1. The preparation method of the super-hydrophobic low-carbon steel surface with the self-repairing characteristic is characterized by comprising the following three steps of:

firstly, pretreating low-carbon steel:

the low-carbon steel is firstly respectively polished by 60-mesh, 120-mesh, 320-mesh, 600-mesh and 1200-mesh sandpaper to remove impurities and oxides on the surface, then ultrasonically cleaned by absolute ethyl alcohol and acetone for 10 minutes to remove organic matters, and finally N is added₂Drying for later use;

the second step is that: preparing electrolyte:

respectively taking 3 beakers with the volume of 100mL, and dissolving cerium nitrate in deionized water in one beaker; dissolving linolenic acid in absolute ethyl alcohol in a second beaker; dissolving the alkylated modified graphene oxide in deionized water in a third beaker, performing ultrasonic dispersion for 1 hour until the solution is uniform and transparent, then mixing the liquids in the three beakers, magnetically stirring for half hour, and performing ultrasonic dispersion for 2 hours until the mixed solution is uniform and transparent;

thirdly, preparing a super-hydrophobic structure by electrodeposition:

and (2) performing constant-voltage electrodeposition by adopting a ZF-9 potentiostat, soaking the treated low-carbon steel serving as a working electrode in the electrolyte, setting the electrodeposition voltage value to be 2-5V and the electrodeposition time to be 4-12h by taking a large-area platinum sheet as an auxiliary electrode and a saturated calomel electrode as a reference electrode, and putting the device into a constant-temperature water bath kettle in the electrodeposition process, setting the temperature to be 30-50 ℃ and obtaining the super-hydrophobic low-carbon steel surface with the self-repairing characteristic.

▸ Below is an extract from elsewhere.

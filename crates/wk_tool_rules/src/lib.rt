//! The rules of the tools, as definitions: the pages whose stored rows differ, what is printed of a check, and the pages
//! that are generated.
//! Nothing here runs. The contracts of the crates above cite `specs/`.
#![tactic(auto)]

2. The method for preparing the surface of the ultra-hydrophobic low-carbon steel with the self-repairing property as claimed in claim 1, wherein the method comprises the following steps: the mass fractions of all chemical substances in the mixed solution are respectively as follows: 15-20% of alkylated modified graphene oxide, 15-20% of linolenic acid, 10-20% of cerium nitrate, 20-30% of absolute ethyl alcohol and 20-40% of deionized water, wherein the sum of the percentage contents of all the components is 100%.

3. The method for preparing the surface of the ultra-hydrophobic low-carbon steel with the self-repairing property as claimed in claim 2, wherein the method comprises the following steps: the linolenic acid and the cerium nitrate are analytical pure chemical reagents.